§ Data records
::::

//! Texts of callers whose orders of atomic steps are asked for: the callers with their calls on words, and what is asked.
#![tactic(auto)]

mod answers;
mod asks;
mod calls;
mod crews;
mod extras;
mod fact_texts;
mod faults;
mod lines;
mod near;
mod questions;
mod reading;
mod shown;

pub use answers::first_impossible;
pub use asks::read_step_ask;
pub use calls::CallerCall;
pub use faults::{StepFault, StepsFault, Unread};
pub use lines::write_order_lines;
pub use reading::{asks_steps, read_steps};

::::

§ What is required
Search the data above for the word "faults", then gather each line in which it appears.

§ Solution to this problem
mod faults;
pub use faults::{StepFault, StepsFault, Unread};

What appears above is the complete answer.